• WHAT IS REQUIRED:
Search the data for the string "rest", and report each line where it is found.

(Data records)
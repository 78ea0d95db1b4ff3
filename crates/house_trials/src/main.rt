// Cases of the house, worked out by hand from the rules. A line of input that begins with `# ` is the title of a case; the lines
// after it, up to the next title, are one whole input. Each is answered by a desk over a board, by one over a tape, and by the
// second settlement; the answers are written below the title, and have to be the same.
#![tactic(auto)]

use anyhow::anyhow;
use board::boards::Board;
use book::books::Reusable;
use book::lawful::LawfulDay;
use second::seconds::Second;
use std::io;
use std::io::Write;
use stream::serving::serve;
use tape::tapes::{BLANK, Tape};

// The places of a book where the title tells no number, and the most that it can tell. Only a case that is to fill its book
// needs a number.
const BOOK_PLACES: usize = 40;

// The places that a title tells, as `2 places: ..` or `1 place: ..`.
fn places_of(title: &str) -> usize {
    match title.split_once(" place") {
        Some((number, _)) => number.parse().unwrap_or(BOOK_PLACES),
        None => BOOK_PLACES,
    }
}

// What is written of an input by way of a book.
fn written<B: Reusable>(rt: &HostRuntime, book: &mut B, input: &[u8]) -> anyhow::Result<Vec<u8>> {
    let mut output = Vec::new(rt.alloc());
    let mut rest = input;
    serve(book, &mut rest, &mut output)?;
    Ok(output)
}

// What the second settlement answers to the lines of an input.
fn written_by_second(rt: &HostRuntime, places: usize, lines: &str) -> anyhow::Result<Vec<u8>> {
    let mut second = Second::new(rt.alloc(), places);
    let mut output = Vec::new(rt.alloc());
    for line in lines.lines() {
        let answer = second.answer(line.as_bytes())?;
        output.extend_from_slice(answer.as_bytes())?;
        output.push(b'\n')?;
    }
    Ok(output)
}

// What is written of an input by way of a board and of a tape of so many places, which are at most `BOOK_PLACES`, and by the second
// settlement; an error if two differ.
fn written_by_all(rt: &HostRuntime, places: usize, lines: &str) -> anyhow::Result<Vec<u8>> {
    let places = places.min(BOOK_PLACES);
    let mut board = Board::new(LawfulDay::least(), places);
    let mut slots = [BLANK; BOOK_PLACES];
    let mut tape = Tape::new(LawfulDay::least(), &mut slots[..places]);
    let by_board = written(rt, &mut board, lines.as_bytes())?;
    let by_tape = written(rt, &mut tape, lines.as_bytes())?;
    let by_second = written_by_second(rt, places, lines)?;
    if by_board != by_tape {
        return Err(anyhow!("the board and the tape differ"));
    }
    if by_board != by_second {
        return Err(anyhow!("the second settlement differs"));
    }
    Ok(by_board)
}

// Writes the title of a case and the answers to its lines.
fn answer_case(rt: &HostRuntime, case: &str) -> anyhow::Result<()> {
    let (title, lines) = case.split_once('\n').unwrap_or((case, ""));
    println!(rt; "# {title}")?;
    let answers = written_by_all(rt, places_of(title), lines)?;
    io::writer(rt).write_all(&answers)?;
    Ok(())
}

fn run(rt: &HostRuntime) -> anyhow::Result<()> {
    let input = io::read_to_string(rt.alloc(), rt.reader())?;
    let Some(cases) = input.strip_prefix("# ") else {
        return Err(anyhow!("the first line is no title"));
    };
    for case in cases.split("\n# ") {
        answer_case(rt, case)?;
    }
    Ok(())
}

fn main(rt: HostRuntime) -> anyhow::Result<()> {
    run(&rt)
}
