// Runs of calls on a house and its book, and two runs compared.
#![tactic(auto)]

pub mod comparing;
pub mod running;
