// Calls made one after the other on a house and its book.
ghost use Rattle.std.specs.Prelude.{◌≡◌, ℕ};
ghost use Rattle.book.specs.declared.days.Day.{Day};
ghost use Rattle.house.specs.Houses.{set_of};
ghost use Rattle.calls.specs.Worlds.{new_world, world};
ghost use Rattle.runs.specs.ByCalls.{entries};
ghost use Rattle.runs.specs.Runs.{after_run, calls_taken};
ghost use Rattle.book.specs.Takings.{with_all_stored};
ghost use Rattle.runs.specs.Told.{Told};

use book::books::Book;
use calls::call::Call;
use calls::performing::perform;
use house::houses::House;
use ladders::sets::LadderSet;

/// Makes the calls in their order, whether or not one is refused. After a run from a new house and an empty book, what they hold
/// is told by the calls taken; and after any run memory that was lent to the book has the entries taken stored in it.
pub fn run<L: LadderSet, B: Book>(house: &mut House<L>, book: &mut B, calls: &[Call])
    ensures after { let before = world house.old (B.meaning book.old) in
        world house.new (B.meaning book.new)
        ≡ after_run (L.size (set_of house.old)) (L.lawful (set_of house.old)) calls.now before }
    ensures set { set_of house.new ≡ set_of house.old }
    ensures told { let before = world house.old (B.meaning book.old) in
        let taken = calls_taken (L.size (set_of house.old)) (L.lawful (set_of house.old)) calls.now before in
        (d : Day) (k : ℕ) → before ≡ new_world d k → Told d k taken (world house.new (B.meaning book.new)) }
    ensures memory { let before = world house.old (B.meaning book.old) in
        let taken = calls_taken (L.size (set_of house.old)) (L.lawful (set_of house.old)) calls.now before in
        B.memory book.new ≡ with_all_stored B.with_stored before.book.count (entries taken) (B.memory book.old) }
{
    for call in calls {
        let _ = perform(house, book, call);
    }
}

• TASK RESULT:
    let mut rest = input;
    serve(book, &mut rest, &mut output)?;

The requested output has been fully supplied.